[Collected data entries]

//! What both forms have in common: numbers, addresses, words, and what a client wrote.
ghost use Rattle.std.specs.Prelude.{◌≡◌, ◌++◌, codes, decimal, take, OnOk};
ghost use Rattle.std.specs.Net.Addr.{ipv6_segments};
ghost use Rattle.std.specs.Net.Text.{ipv6_text};
ghost use Rattle.access_log.specs.Escaped.{escaped, escaped_octet, hex_digit, is_plain, mark};
ghost use Rattle.access_log.specs.Line.{address_text, course_text, octets_text, status_text, supplier_text};

use crate::entry::{Course, Form, Supplier};
use std::alloc::{AllocError, Global};
use std::net::{IpAddr, Ipv6Addr};

/// The most octets of a text that a client wrote.
const MOST_OCTETS: usize = 8_192;

/// Appends a number in decimal digits. Errors: out of memory.
pub(crate) fn push_number(line: &mut Vec<u8>, number: u64) -> Result<(), AllocError>
    ensures { OnOk result (line.new.items ≡ line.old.items ++ decimal number) }
{
    let mut buffer = itoa::Buffer::new();
    line.extend_from_slice(buffer.format(number).as_bytes())
}

// Appends the octets of an address of IPv4.
#[tactic(auto, unfolding(crate::specs::Line::octets_text))]
fn push_octets(line: &mut Vec<u8>, octets: [u8; 4]) -> Result<(), AllocError>
    ensures { OnOk result (line.new.items ≡ line.old.items ++ octets_text octets) }
{
    push_number(line, u64::from(octets[0]))?;
    line.extend_from_slice(b".")?;
    push_number(line, u64::from(octets[1]))?;
    line.extend_from_slice(b".")?;
    push_number(line, u64::from(octets[2]))?;
    line.extend_from_slice(b".")?;
    push_number(line, u64::from(octets[3]))
}

// Appends an address of IPv6.
fn push_six(line: &mut Vec<u8>, alloc: Global, address: Ipv6Addr) -> Result<(), AllocError>
    ensures { OnOk result (line.new.items ≡ line.old.items ++ ipv6_text (ipv6_segments address)) }
{
    let text = format!(in alloc; "{address}")?;
    line.extend_from_slice(text.as_bytes())
}

/// Appends an address. Errors: out of memory.
#[tactic(auto, unfolding(crate::specs::Line::address_text))]
pub(crate) fn push_address(
    line: &mut Vec<u8>,
    alloc: Global,
    address: IpAddr,
) -> Result<(), AllocError>
    ensures { OnOk result (line.new.items ≡ line.old.items ++ address_text address) }
{
    match address {
        IpAddr::V4(address) => push_octets(line, address.octets()),
        IpAddr::V6(address) => push_six(line, alloc, address),
    }
}

/// Appends a status. Errors: out of memory.
#[tactic(auto, unfolding(crate::specs::Line::status_text))]
pub(crate) fn push_status(line: &mut Vec<u8>, status: Option<u16>) -> Result<(), AllocError>
    ensures { OnOk result (line.new.items ≡ line.old.items ++ status_text status) }
{
    match status {
        None => line.extend_from_slice(b"499"),
        Some(status) => push_number(line, u64::from(status)),
    }
}

/// Appends how a request was answered. Errors: out of memory.
#[tactic(auto, unfolding(crate::specs::Line::course_text))]
pub(crate) fn push_course(line: &mut Vec<u8>, course: Course) -> Result<(), AllocError>
    ensures { OnOk result (line.new.items ≡ line.old.items ++ course_text course) }
{
    match course {
        Course::Hit => line.extend_from_slice(b"hit"),
        Course::Miss => line.extend_from_slice(b"miss"),
        Course::Collapsed => line.extend_from_slice(b"collapsed"),
        Course::Bypass => line.extend_from_slice(b"bypass"),
        Course::Own => line.extend_from_slice(b"refused"),
    }
}

/// Appends whom an object was fetched from. Errors: out of memory.
#[tactic(auto, unfolding(crate::specs::Line::supplier_text))]
pub(crate) fn push_supplier(
    line: &mut Vec<u8>,
    supplier: Option<Supplier>,
) -> Result<(), AllocError>
    ensures { OnOk result (line.new.items ≡ line.old.items ++ supplier_text supplier) }
{
    match supplier {
        None => line.extend_from_slice(b"-"),
        Some(Supplier::Origin) => line.extend_from_slice(b"origin"),
        Some(Supplier::Neighbour(place)) => {
            line.extend_from_slice(b"neighbour/")?;
            push_number(line, place as u64)
        }
    }
}

// Whether an octet stands for itself: it is printable ASCII, and neither a quote nor a backslash.
fn is_plain(octet: u8) -> bool
    ensures { result ≡ is_plain octet }
{
    32 <= octet && octet <= 126 && octet != b'"' && octet != b'\\'
}

// The last hexadecimal digit of a number.
fn hex_digit(number: u8) -> u8
    ensures { result ≡ hex_digit number }
{
    let digit = number % 16;
    if digit < 10 { 48 + digit } else { 55 + digit }
}

// Appends what stands before the digits of an octet that is escaped.
fn push_mark(line: &mut Vec<u8>, form: Form) -> Result<(), AllocError>
    ensures { OnOk result (line.new.items ≡ line.old.items ++ mark form) }
{
    match form {
        Form::Common => line.extend_from_slice(b"\\x"),
        Form::Json => line.extend_from_slice(b"\\u00"),
    }
}

// Appends an octet, or what stands for it.
fn push_octet(line: &mut Vec<u8>, form: Form, octet: u8) -> Result<(), AllocError>
    ensures { OnOk result (line.new.items ≡ line.old.items ++ escaped_octet form octet) }
{
    if is_plain(octet) {
        return line.extend_from_slice(&[octet]);
    }
    push_mark(line, form)?;
    let digits = [hex_digit(octet / 16), hex_digit(octet)];
    line.extend_from_slice(&digits)
}

// The octets of a text that are shown.
fn front(text: &[u8]) -> &[u8]
    ensures { result.now ≡ take 8192 text.now }
{
    if text.len() <= MOST_OCTETS {
        text
    } else {
        &text[..MOST_OCTETS]
    }
}

/// Appends the first 8,192 octets of a text that a client wrote, escaped. Errors: out of memory.
#[tactic(auto, unfolding(crate::specs::Escaped::escaped))]
pub(crate) fn push_text(line: &mut Vec<u8>, form: Form, text: &[u8]) -> Result<(), AllocError>
    ensures { OnOk result (line.new.items ≡ line.old.items ++ escaped form text.now) }
{
    let shown = front(text);
    for octet in shown {
        push_octet(line, form, *octet)?;
    }
    Ok(())
}
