//! The figures of clients and fetches as JSON, and those of a neighbour.

use crate::figures::{NeighbourCounts, Snapshot};
use crate::kinds::{Course, FetchOutcome, StatusClass};
use crate::lines::seconds_text;
use crate::page::Page;
use crate::replies::ReplyKind;
use crate::times::{BOUNDS, Times, total};
use json::Writer;
use std::alloc::{AllocError, Global};

/// The figures of clients and fetches as JSON: one line that ends in LF. What isn't known is `null`; numbers of what
/// is passed on stand there only where something may be. Times are in seconds; the buckets count all times up to their bounds.
///
/// It is written token by token, by the writer on which serde_json stands: serde_json gives a float as few digits as it needs, and
/// sums of times have six decimals here.
pub fn clients_text(alloc: Global, page: &Page) -> Result<Vec<u8>, AllocError> {
    let mut json = Writer::new(Vec::new(alloc));
    match write_page(alloc, &mut json, page) {
        Ok(()) => ended(json.into_inner()),
        Err(fault) => {
            drop(json);
            Err(fault)
        }
    }
}

// The text with the LF at its end.
fn ended(text: Vec<u8>) -> Result<Vec<u8>, AllocError> {
    let mut text = text;
    text.push(b'\n')?;
    Ok(text)
}

fn write_page(alloc: Global, json: &mut Writer, page: &Page) -> Result<(), AllocError> {
    json.begin_object()?;
    json.key("uptime")?;
    json.u64(page.uptime)?;
    write_figures(alloc, json, &page.figures)?;
    write_numbers(json, page)?;
    write_look_ups(json, page)?;
    write_log(json, page)?;
    json.end_object()
}

fn write_figures(alloc: Global, json: &mut Writer, figures: &Snapshot) -> Result<(), AllocError> {
    write_answers(json, figures)?;
    write_octets(json, figures)?;
    write_fetches(json, figures)?;
    write_seconds(alloc, json, figures)
}

fn write_numbers(json: &mut Writer, page: &Page) -> Result<(), AllocError> {
    write_optional(json, "connections", page.connections)?;
    write_optional(json, "waiting", page.waiting)?;
    write_optional(json, "fetching", page.fetching)?;
    write_optional(json, "waiting_octets", page.wanted_octets)?;
    write_known(json, "streams", page.streams)?;
    write_known(json, "tunnels", page.tunnels)?;
    write_servers(json, page)?;
    write_attempts(json, page)?;
    write_known(json, "unwanted", page.unwanted)
}

// Connections to servers, if they are known.
fn write_servers(json: &mut Writer, page: &Page) -> Result<(), AllocError> {
    let Some(servers) = page.servers else {
        return Ok(());
    };
    json.key("servers")?;
    json.begin_object()?;
    write_count(json, "busy", servers.busy)?;
    write_count(json, "idle", servers.idle)?;
    write_count(json, "refused", servers.refused)?;
    json.end_object()
}

fn write_attempts(json: &mut Writer, page: &Page) -> Result<(), AllocError> {
    let Some(attempts) = page.attempts else {
        return Ok(());
    };
    json.key("attempts")?;
    json.begin_object()?;
    write_count(json, "beside", attempts.under_way)?;
    write_count(json, "begun", attempts.begun)?;
    write_count(json, "held", attempts.held)?;
    json.end_object()
}

/// Writes what is counted of a neighbour, as the members `queries`, `replies` (by kind) and `fetches` (by outcome) of the object that
/// is begun. Errors: out of memory.
pub fn write_neighbour_counts(
    json: &mut Writer,
    counts: &NeighbourCounts,
) -> Result<(), AllocError> {
    write_count(json, "queries", counts.queries)?;
    json.key("replies")?;
    json.begin_object()?;
    for kind in &ReplyKind::ALL {
        write_count(json, kind.name(), counts.replies[kind.place()])?;
    }
    json.end_object()?;
    json.key("fetches")?;
    write_outcomes(json, &counts.fetches)
}

// A key and its number.
fn write_count(json: &mut Writer, key: &str, count: u64) -> Result<(), AllocError> {
    json.key(key)?;
    json.u64(count)
}

// A key, and its number or `null`.
fn write_optional(json: &mut Writer, key: &str, count: Option<u64>) -> Result<(), AllocError> {
    json.key(key)?;
    match count {
        Some(count) => json.u64(count),
        None => json.null(),
    }
}

// A key and its number; nothing if there is none.
fn write_known(json: &mut Writer, key: &str, count: Option<u64>) -> Result<(), AllocError> {
    match count {
        Some(count) => write_count(json, key, count),
        None => Ok(()),
    }
}

fn write_answers(json: &mut Writer, figures: &Snapshot) -> Result<(), AllocError> {
    json.key("answers")?;
    json.begin_object()?;
    for course in &Course::ALL {
        let counts = &figures.answers[course.place()];
        write_count(json, course.name(), total(counts))?;
    }
    json.end_object()?;
    write_statuses(json, figures)
}

fn write_statuses(json: &mut Writer, figures: &Snapshot) -> Result<(), AllocError> {
    json.key("statuses")?;
    json.begin_object()?;
    for class in &StatusClass::ALL {
        let count = figures.of_class(*class);
        write_count(json, class.name(), count)?;
    }
    json.end_object()
}

fn write_octets(json: &mut Writer, figures: &Snapshot) -> Result<(), AllocError> {
    let [origins, neighbours] = figures.bodies;
    json.key("octets")?;
    json.begin_object()?;
    write_count(json, "clients", total(&figures.content))?;
    write_count(json, "origins", origins)?;
    write_count(json, "neighbours", neighbours)?;
    json.end_object()
}

fn write_fetches(json: &mut Writer, figures: &Snapshot) -> Result<(), AllocError> {
    let [origins, neighbours] = &figures.fetches;
    json.key("fetches")?;
    json.begin_object()?;
    json.key("origins")?;
    write_outcomes(json, origins)?;
    json.key("neighbours")?;
    write_outcomes(json, neighbours)?;
    json.end_object()
}

fn write_outcomes(json: &mut Writer, counts: &[u64; 3]) -> Result<(), AllocError> {
    json.begin_object()?;
    for outcome in &FetchOutcome::ALL {
        write_count(json, outcome.name(), counts[outcome.place()])?;
    }
    json.end_object()
}

fn write_seconds(alloc: Global, json: &mut Writer, figures: &Snapshot) -> Result<(), AllocError> {
    json.key("seconds")?;
    json.begin_object()?;
    json.key("hits")?;
    write_times(alloc, json, &figures.hits)?;
    json.key("forwarded")?;
    write_times(alloc, json, &figures.forwarded)?;
    json.key("fetches")?;
    write_times(alloc, json, &figures.fetched)?;
    json.end_object()
}

fn write_times(alloc: Global, json: &mut Writer, times: &Times) -> Result<(), AllocError> {
    json.begin_object()?;
    json.key("buckets")?;
    write_buckets(json, times)?;
    json.key("sum")?;
    write_sum(alloc, json, times.micros)?;
    write_count(json, "count", times.count())?;
    json.end_object()
}

// How many of these times are up to each bound.
fn write_buckets(json: &mut Writer, times: &Times) -> Result<(), AllocError> {
    json.begin_array()?;
    for (bucket, bound) in BOUNDS.iter().enumerate() {
        write_bucket(json, bound, times.up_to(bucket))?;
    }
    json.end_array()
}

fn write_bucket(json: &mut Writer, bound: &str, count: u64) -> Result<(), AllocError> {
    json.begin_array()?;
    write_number(json, bound)?;
    json.u64(count)?;
    json.end_array()
}

fn write_sum(alloc: Global, json: &mut Writer, micros: u64) -> Result<(), AllocError> {
    let sum = seconds_text(alloc, micros)?;
    let written = write_number(json, sum.as_str());
    drop(sum);
    written
}

// A number in decimals; a text that is none, as "+Inf", as a string.
fn write_number(json: &mut Writer, text: &str) -> Result<(), AllocError> {
    if json::is_number(text) {
        json.number(text)
    } else {
        json.string(text)
    }
}

fn write_look_ups(json: &mut Writer, page: &Page) -> Result<(), AllocError> {
    let Some(look_ups) = page.look_ups else {
        return Ok(());
    };
    json.key("lookups")?;
    json.begin_object()?;
    write_count(json, "waiting", look_ups.waiting)?;
    write_count(json, "under_way", look_ups.under_way)?;
    write_count(json, "failed", look_ups.failed)?;
    write_count(json, "refused", look_ups.refused)?;
    json.end_object()
}

fn write_log(json: &mut Writer, page: &Page) -> Result<(), AllocError> {
    json.key("log")?;
    let Some(log) = page.log else {
        return json.null();
    };
    json.begin_object()?;
    write_count(json, "written", log.written)?;
    write_count(json, "lost", log.lost)?;
    json.end_object()
}
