//! That what a line has of an address is printable. These functions do nothing: their contracts are what a proof knows of a type only where
//! a call takes a value of it.
ghost use Rattle.std.specs.List.{list_all};
ghost use Rattle.std.specs.Net.Addr.{ipv6_segments};
ghost use Rattle.std.specs.Net.Text.{ipv6_text};
ghost use Rattle.std.specs.Prelude.{◌≡◌, true};
ghost use Rattle.access_log.specs.Escaped.{is_printable};
ghost use Rattle.access_log.specs.Line.{address_text, octets_text};

use std::net::{IpAddr, Ipv6Addr};

// So are the octets of an address of IPv4.
fn octets_are_printable(octets: [u8; 4])
    ensures { list_all is_printable (octets_text octets) ≡ true }
{}

// So is an address of IPv6.
fn six_is_printable(address: Ipv6Addr)
    ensures { list_all is_printable (ipv6_text (ipv6_segments address)) ≡ true }
{}

/// So is an address.
#[tactic(auto, unfolding(crate::specs::Line::address_text))]
pub(crate) fn address_is_printable(address: IpAddr)
    ensures { list_all is_printable (address_text address) ≡ true }
{
    match address {
        IpAddr::V4(address) => octets_are_printable(address.octets()),
        IpAddr::V6(address) => six_is_printable(address),
    }
}
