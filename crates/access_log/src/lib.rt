//! Lines of the access log: one for each request that was answered or given up, and for each connection that brought none. The thread
//! that writes them, or other lines, is a module of its own, [`writer`], of which nothing else here knows.
//!
//! `specs/Line.antt` defines the line of an entry, in two forms, `specs/Escaped.antt` what stands in it for what a client wrote, and
//! `specs/Reading.antt` how a reader understands that. Contracts say that exactly this line is given, that it is one line of printable
//! ASCII whatever the client wrote, and that what the client wrote reads back from it.
//! Tested by: crates/test_operator, must-fail edits.
#![tactic(auto)]

mod common;
mod entry;
mod json;
mod laws;
mod line;
mod parts;
mod printable;
mod stamp;
pub mod writer;

pub use entry::{Course, Entry, Form, Supplier};
pub use laws::{a_text_reads_one_way, escaped_texts_read_back};
pub use line::line_of;
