//! All that both texts show.

use crate::figures::Snapshot;

/// What the filter of a query socket judged since the start.
#[derive(Clone, Copy)]
pub struct SocketFigures {
    /// Datagrams judged.
    pub judged: u64,
    /// Of these, those that were dropped.
    pub rejected: u64,
    /// Of these, those that were cut.
    pub cut: u64,
    /// Datagrams that were no message of the socket's protocol.
    pub malformed: u64,
}

/// What the filters of both query sockets judged.
#[derive(Clone, Copy)]
pub struct Sockets {
    /// The ICP socket.
    pub icp: SocketFigures,
    /// The HTCP socket.
    pub htcp: SocketFigures,
}

/// What is known of a neighbour at one moment.
#[derive(Clone, Copy)]
pub struct NeighbourState {
    /// Whether it is waited for.
    pub is_up: bool,
    /// Its smoothed response time in microseconds. `None` before the first.
    pub micros: Option<u64>,
    /// Rounds of queries that it has missed since it was last heard from.
    pub misses: u64,
    /// Queries to it that are not answered yet. `None` if that isn't known.
    pub outstanding: Option<u64>,
}

/// A neighbour.
#[derive(Clone, Copy)]
pub struct NeighbourFigures {
    /// The address at which it is queried.
    pub address: [u8; 4],
    /// The port at which it is queried.
    pub port: u16,
    /// `None` if that isn't known.
    pub state: Option<NeighbourState>,
}

/// Look-ups of names of servers.
#[derive(Clone, Copy)]
pub struct LookUps {
    /// Names that wait for theirs.
    pub waiting: u64,
    /// Those under way.
    pub under_way: u64,
    /// Names that were not found within their time, since the start.
    pub failed: u64,
    /// Those who were not let wait for one, since the start.
    pub refused: u64,
}

/// The lines of the access log since the start.
#[derive(Clone, Copy)]
pub struct LogLines {
    /// Lines written.
    pub written: u64,
    /// Lines that were not written, since the log was too slow or failed.
    pub lost: u64,
}

/// What is counted of the attempts to connect to servers that go beside another one of the same server.
#[derive(Clone, Copy)]
pub struct AttemptFigures {
    /// Those under way.
    pub under_way: u64,
    /// Those that have begun since the start.
    pub begun: u64,
    /// Those that came after the other one instead, since there were as many as there may be.
    pub held: u64,
}

/// Connections to servers.
#[derive(Clone, Copy)]
pub struct ServerConnectionFigures {
    /// Those that carry something, and those that are being made.
    pub busy: u64,
    /// Those that are kept while they are idle.
    pub idle: u64,
    /// Those that were not made since the start, as no open file was left for them.
    pub refused: u64,
}

/// All that both texts show. What is `None` is left out of the metrics.
pub struct Page {
    /// The counters of answers and fetches.
    pub figures: Snapshot,
    /// The version of the program.
    pub version: &'static str,
    /// Seconds since the start.
    pub uptime: u64,
    /// When the program was started, in seconds since 1970.
    pub started: Option<u64>,
    /// Octets of memory that the program holds.
    pub resident: Option<u64>,
    /// Files and sockets that the program has open.
    pub open_files: Option<u64>,
    /// What the filters of the query sockets judged.
    pub sockets: Option<Sockets>,
    /// Each neighbour, in the order of the configuration.
    pub neighbours: Vec<NeighbourFigures>,
    /// Open connections of clients.
    pub connections: Option<u64>,
    /// Fetches under way.
    pub fetching: Option<u64>,
    /// Octets of bodies that wait for room among those under way.
    pub wanted_octets: Option<u64>,
    /// Clients that wait for an answer.
    pub waiting: Option<u64>,
    /// Requests that are being passed on. `None` if none ever are.
    pub streams: Option<u64>,
    /// Open tunnels. `None` if there never are any.
    pub tunnels: Option<u64>,
    /// The attempts to connect that go beside others. `None` before there are fetches, and once there are none any more.
    pub attempts: Option<AttemptFigures>,
    /// Look-ups of names of servers.
    pub look_ups: Option<LookUps>,
    /// Connections to servers.
    pub servers: Option<ServerConnectionFigures>,
    /// Fetches that were ended for want of clients, since the start. `None` if none ever are.
    pub unwanted: Option<u64>,
    /// Stored objects, those that are no longer fresh among them.
    pub objects: Option<u64>,
    /// Octets of the stored objects and their keys.
    pub stored: Option<u64>,
    /// Objects that had to make room for others in the store, since the start.
    pub evictions: Option<u64>,
    /// Filters installed and removed since the start.
    pub swaps: Option<u64>,
    /// Events taken before the present volume of the log of events began.
    pub book: Option<u64>,
    /// Events taken since the start.
    pub events: Option<u64>,
    /// The lines of the access log. `None` if there is none.
    pub log: Option<LogLines>,
}

// Written by hand, so that what lets it go is one call for the prover (docs/GATE.md).
impl Drop for Page {
    fn drop(self) {
        let Self {
            figures: _,
            version: _,
            uptime: _,
            started: _,
            resident: _,
            open_files: _,
            sockets: _,
            neighbours: _,
            connections: _,
            fetching: _,
            wanted_octets: _,
            waiting: _,
            streams: _,
            tunnels: _,
            attempts: _,
            look_ups: _,
            servers: _,
            unwanted: _,
            objects: _,
            stored: _,
            evictions: _,
            swaps: _,
            book: _,
            events: _,
            log: _,
        } = self;
    }
}
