//! Histograms of times with fixed buckets.

ghost use Rattle.std.specs.Prelude.{◌≡◌, ◌<◌, ◌≤◌};
ghost use Rattle.traffic_figures.specs.Buckets.{IsBucketOf, capped_sum, cumulated};

use std::array;
use std::sync::atomic::{AtomicU64, Ordering};

/// The upper bounds of the buckets, in seconds, as both texts write them.
pub(crate) const BOUNDS: [&'static str; 15] = [
    "0.001", "0.0025", "0.005", "0.01", "0.025", "0.05", "0.1", "0.25", "0.5", "1", "2.5", "5",
    "10", "30", "+Inf",
];

/// The place, from 0, of the bucket that a time in microseconds belongs into. A bucket's upper bound is inclusive.
pub fn bucket_of(micros: u64) -> usize
    ensures { IsBucketOf micros result }
{
    if micros <= 1_000 {
        0
    } else if micros <= 2_500 {
        1
    } else if micros <= 5_000 {
        2
    } else if micros <= 10_000 {
        3
    } else if micros <= 25_000 {
        4
    } else if micros <= 50_000 {
        5
    } else if micros <= 100_000 {
        6
    } else if micros <= 250_000 {
        7
    } else if micros <= 500_000 {
        8
    } else if micros <= 1_000_000 {
        9
    } else if micros <= 2_500_000 {
        10
    } else if micros <= 5_000_000 {
        11
    } else if micros <= 10_000_000 {
        12
    } else if micros <= 30_000_000 {
        13
    } else {
        14
    }
}

/// The sum of numbers, or the largest number of 64 bits if it is larger.
pub(crate) fn total(counts: &[u64]) -> u64
    ensures { result ≡ capped_sum counts.now }
{
    let mut sum: u64 = 0;
    for count in counts {
        sum = sum.saturating_add(*count);
    }
    sum
}

/// How many times there were in each bucket, and their sum.
#[derive(Clone, Copy)]
pub struct Times {
    /// How many times there were in each bucket alone.
    pub counts: [u64; 15],
    /// The sum of all times in microseconds, modulo 2^64.
    pub micros: u64,
}

impl Times {
    /// How many times there were in a bucket and those before it.
    pub(crate) fn up_to(&self, bucket: usize) -> u64
        requires { bucket < 15 }
        ensures { result ≡ cumulated self.now.counts bucket }
    {
        total(&self.counts[..bucket + 1])
    }

    /// How many times there were.
    pub(crate) fn count(&self) -> u64
        ensures { result ≡ capped_sum self.now.counts }
    {
        total(&self.counts)
    }
}

/// A histogram that any thread may add to.
#[derive(Drop)]
pub(crate) struct Histogram {
    counts: [AtomicU64; 15],
    // The sum of all times in microseconds, modulo 2^64.
    micros: AtomicU64,
}

impl Histogram {
    /// A histogram of no times.
    pub fn new() -> Histogram {
        Histogram {
            counts: array::from_fn(|_| AtomicU64::new(0)),
            micros: AtomicU64::new(0),
        }
    }

    /// Adds a time in microseconds.
    pub fn add(&self, micros: u64) {
        self.counts[bucket_of(micros)].fetch_add(1, Ordering::SeqCst);
        self.micros.fetch_add(micros, Ordering::SeqCst);
    }

    /// What it holds. Where another thread adds a time meanwhile, that may be counted and not be in the sum yet.
    pub fn load(&self) -> Times {
        let micros = self.micros.load(Ordering::SeqCst);
        let mut counts = [0; 15];
        load_into(&self.counts, &mut counts);
        Times { counts, micros }
    }
}

/// Loads counters into as many places.
pub(crate) fn load_into(counters: &[AtomicU64], places: &mut [u64]) {
    for (place, counter) in places.iter_mut().zip(counters) {
        *place = counter.load(Ordering::SeqCst);
    }
}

Task prompt:
From the data, pick out every line that includes "fetching".

Result:
    write_optional(json, "fetching", page.fetching)?;
    pub fetching: Option<u64>,
            fetching: _,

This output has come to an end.